5.5. Regression-Based Quantification (RQ) Metrics#

5.5.1. VSE (Variance Shift Error)#

Parameters:

  • \(p\): array-like, shape (n_classes,) True prevalence.

  • \(\hat{p}\): array-like, shape (n_classes,) Estimated prevalence.

The Variance Shift Error quantifies the discrepancy between the variance of true and estimated distributions:

\[\text{VSE}(p, \hat{p}) = |\text{Var}(p) - \text{Var}(\hat{p})|\]

This metric emphasizes changes in dispersion, which is useful for detecting model bias towards certain classes.

5.5.2. CvM_L1 (Cramér-von Mises L1 Distance)#

Parameters:

  • \(p\): array-like, shape (n_classes,) True prevalence.

  • \(\hat{p}\): array-like, shape (n_classes,) Estimated prevalence.

CvM_L1 compares cumulative distributions using the L1 norm:

\[\text{CvM\_L1}(p, \hat{p}) = \sum_{c} |F_p(c) - F_{\hat{p}}(c)|\]

where (F_p(c)) is the cumulative distribution. Its advantage lies in capturing distributional differences beyond pointwise errors.

5.6. Ordinal Quantification (OQ) Metrics#

5.6.1. NMD (Normalized Match Distance)#

Parameters:

  • \(p\): array-like, shape (n_classes,) True prevalence.

  • \(\hat{p}\): array-like, shape (n_classes,) Estimated prevalence.
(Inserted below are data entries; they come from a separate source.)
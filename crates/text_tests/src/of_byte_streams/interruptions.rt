//! Readers and writers that are interrupted, by std's own kind of error.
ghost use Rattle.std.specs.Prelude.{None};

use byte_streams::{
    BufferedWriter, FromRead, Line, ReadError, ToWrite, WriteFault, read_bytes, read_line,
    skip_prefix,
};
use sample_rows::{Row, assert_rows, is, number_of};
use std::alloc::{AllocError, Global};
use std::io;
use std::io::{BufRead, Error, ErrorKind, Read, Write};
use std::test::Fail;

/// What is read or written if this number of errors of a kind come after 0, 1, 2, 3 bytes.
const ROWS: &[u8] = b"\
    # 999 interruptions in a row are passed over behind any byte, the 1,000th is a fault, and any\n\
    # other error is one at once.\n\
    line\t999\tInterrupted\tabc, abc, abc, abc\n\
    line\t1000\tInterrupted\tfault behind 0, fault behind 1, fault behind 2, fault behind 3\n\
    line\t1\tOther\tfault behind 0, fault behind 1, fault behind 2, fault behind 3\n\
    bytes\t999\tInterrupted\tabc, abc, abc\n\
    bytes\t1000\tInterrupted\tfault behind 0, fault behind 1, fault behind 2\n\
    bytes\t1\tOther\tfault behind 0, fault behind 1, fault behind 2\n\
    prefix\t999\tInterrupted\tabc, abc, abc\n\
    prefix\t1000\tInterrupted\tfault behind 0, fault behind 1, fault behind 2\n\
    prefix\t1\tOther\tfault behind 0, fault behind 1, fault behind 2\n\
    write\t999\tInterrupted\tabc, abc, abc, abc\n\
    write\t1000\tInterrupted\tfault behind 0, fault behind 1, fault behind 2, fault behind 3\n\
    write\t1\tOther\tfault behind 0, fault behind 1, fault behind 2, fault behind 3\n";

/// Gives a byte at a time, and fails this number of times with an error of some kind after `until`
/// bytes are given.
#[derive(Drop)]
struct Halting<'a> {
    left: &'a [u8],
    until: usize,
    times: u32,
    kind: ErrorKind,
}

impl<'a> Halting<'a> {
    /// Whether it fails now.
    fn halts(&mut self) -> bool {
        if self.until > 0 || self.times == 0 {
            return false;
        }
        self.times -= 1;
        true
    }
}

impl<'a> Read for Halting<'a> {
    ghost remaining = { λ _. None };

    fn read(&mut self, room: &mut [u8]) -> io::Result<usize> {
        if self.halts() {
            return Err(Error::from(self.kind));
        }
        match (self.left, room.first_mut()) {
            ([byte, rest @ ..], Some(place)) => {
                *place = *byte;
                self.left = rest;
                self.until = self.until.saturating_sub(1);
                Ok(1)
            }
            _ => Ok(0),
        }
    }
}

impl<'a> BufRead for Halting<'a> {
    fn fill_buf(&mut self) -> io::Result<&[u8]> {
        if self.halts() {
            return Err(Error::from(self.kind));
        }
        let next = self.left.get(..1);
        match next {
            Some(byte) => Ok(byte),
            None => Ok(&[]),
        }
    }

    fn consume(&mut self, amount: usize) {
        self.left = self.left.get(amount..).unwrap_or(&[]);
        self.until = self.until.saturating_sub(amount);
    }
}

const INPUT: &[u8] = b"abc\nrest";

/// Reads the first line of `INPUT`, its three bytes, or the prefix that they are.
fn read(
    alloc: Global,
    reading: &[u8],
    reader: &mut Halting<'_>,
) -> Result<Option<Vec<u8>>, ReadError<u8>> {
    let mut source = FromRead::new(reader);
    if reading == b"line".as_slice() {
        return match read_line(alloc, &mut source, 3, 0)? {
            Line::Whole(text) | Line::Last(text) => Ok(Some(text)),
        };
    }
    if reading == b"bytes".as_slice() {
        return read_bytes(alloc, &mut source, 3);
    }
    if skip_prefix(b"abc", &mut source)? {
        return Ok(Some(Vec::from_slice(alloc, b"abc")?));
    }
    Ok(None)
}

/// What is read, or how many bytes are taken before a fault.
fn push_read(
    alloc: Global,
    reading: &[u8],
    reader: &mut Halting<'_>,
    out: &mut Vec<u8>,
) -> Result<(), AllocError> {
    match read(alloc, reading, reader) {
        Ok(Some(text)) => out.extend_from_slice(&text),
        Ok(None) => out.extend_from_slice(b"nothing"),
        Err(ReadError::Fault(_)) => out.extend_from_slice(b"too long"),
        Err(ReadError::ReadFault) => {
            let taken = INPUT.len().saturating_sub(reader.left.len());
            out.extend_from_slice(format!(in alloc; "fault behind {taken}")?.as_bytes())
        }
        Err(ReadError::OutOfMemory) => Err(AllocError),
    }
}

/// What is read if a reader fails this number of times after no byte, after one, and so on.
fn read_anywhere(
    alloc: Global,
    reading: &[u8],
    times: u32,
    kind: ErrorKind,
) -> Result<Vec<u8>, AllocError> {
    let mut out = Vec::new(alloc);
    let places = if reading == b"line".as_slice() { 4 } else { 3 };
    for until in 0..places {
        if until > 0 {
            out.extend_from_slice(b", ")?;
        }
        let mut reader = Halting {
            left: INPUT,
            until,
            times,
            kind,
        };
        push_read(alloc, reading, &mut reader, &mut out)?;
    }
    Ok(out)
}

/// Takes a byte at a time, and fails this number of times with an error of some kind after `until`
/// bytes are taken. Flushing counts as one more.
#[derive(Drop)]
struct Narrow {
    until: usize,
    times: u32,
    kind: ErrorKind,
}

impl Narrow {
    /// Takes one byte, or fails.
    fn take(&mut self) -> io::Result<()> {
        if self.until == 0 && self.times > 0 {
            self.times -= 1;
            return Err(Error::from(self.kind));
        }
        self.until = self.until.saturating_sub(1);
        Ok(())
    }
}

impl Write for Narrow {
    ghost contents = { λ _. None };

    fn write(&mut self, bytes: &[u8]) -> io::Result<usize> {
        if bytes.is_empty() {
            return Ok(0);
        }
        self.take()?;
        Ok(1)
    }

    fn flush(&mut self) -> io::Result<()> {
        self.take()
    }
}

/// Writes three bytes.
fn write(alloc: Global, out: &mut Narrow) -> Result<Result<(), WriteFault>, AllocError> {
    let mut writer = BufferedWriter::new(alloc)?;
    let mut sink = ToWrite::new(out);
    if let Err(fault) = writer.write(b"abc", &mut sink) {
        return Ok(Err(fault));
    }
    Ok(writer.finish(&mut sink))
}

/// What is written, or how many bytes are written before a fault.
fn push_written(alloc: Global, narrow: &mut Narrow, out: &mut Vec<u8>) -> Result<(), AllocError> {
    match write(alloc, narrow)? {
        Ok(()) => out.extend_from_slice(b"abc"),
        Err(WriteFault(bytes)) => {
            out.extend_from_slice(format!(in alloc; "fault behind {bytes}")?.as_bytes())
        }
    }
}

/// What is written if a writer fails this number of times after no byte, after one, and so on.
fn write_anywhere(alloc: Global, times: u32, kind: ErrorKind) -> Result<Vec<u8>, AllocError> {
    let mut out = Vec::new(alloc);
    for until in 0..4 {
        if until > 0 {
            out.extend_from_slice(b", ")?;
        }
        push_written(alloc, &mut Narrow { until, times, kind }, &mut out)?;
    }
    Ok(out)
}

fn times_of(word: &[u8]) -> u32 {
    u32::try_from(number_of(word)).unwrap_or(0)
}

fn kind_named(word: &[u8]) -> ErrorKind {
    if word == b"Interrupted".as_slice() {
        ErrorKind::Interrupted
    } else {
        ErrorKind::Other
    }
}

fn answer(alloc: Global, row: &Row) -> Result<Vec<u8>, AllocError> {
    let times = times_of(&row.one);
    let kind = kind_named(&row.two);
    if is(row, b"write") {
        write_anywhere(alloc, times, kind)
    } else {
        read_anywhere(alloc, &row.kind, times, kind)
    }
}

#[test]
fn readers_and_writers_may_be_interrupted_anywhere(rt: HostRuntime) -> Result<(), Fail> {
    assert_rows(rt.alloc(), ROWS, answer)
}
The NMD metric quantifies the normalized difference between two prevalence distributions:

\[\text{NMD}(p, \hat{p}) = \frac{1}{2} \sum_{c} |p(c) - \hat{p}(c)|\]

where ( p(c) ) is the true prevalence and ( hat{p}(c) ) is the estimated. The advantage of NMD is its straightforward interpretability and normalization, making it ideal for comparing different quantification methods.

5.6.2. RNOD (Relative Normalized Overall Deviation)#

Parameters:

  • \(p\): array-like, shape (n_classes,) True prevalence.

  • \(\hat{p}\): array-like, shape (n_classes,) Estimated prevalence.

  • \(\epsilon\): float, optional (default=1e-12) Small constant to ensure numerical stability.

RNOD measures the proportional deviation between the true and estimated prevalence, particularly highlighting errors in rare classes:

\[\text{RNOD}(p, \hat{p}) = \frac{1}{K} \sum_{c} \frac{|p(c) - \hat{p}(c)|}{p(c) + \epsilon}\]

Its benefit is in handling imbalanced distributions by reducing the influence of dominant classes.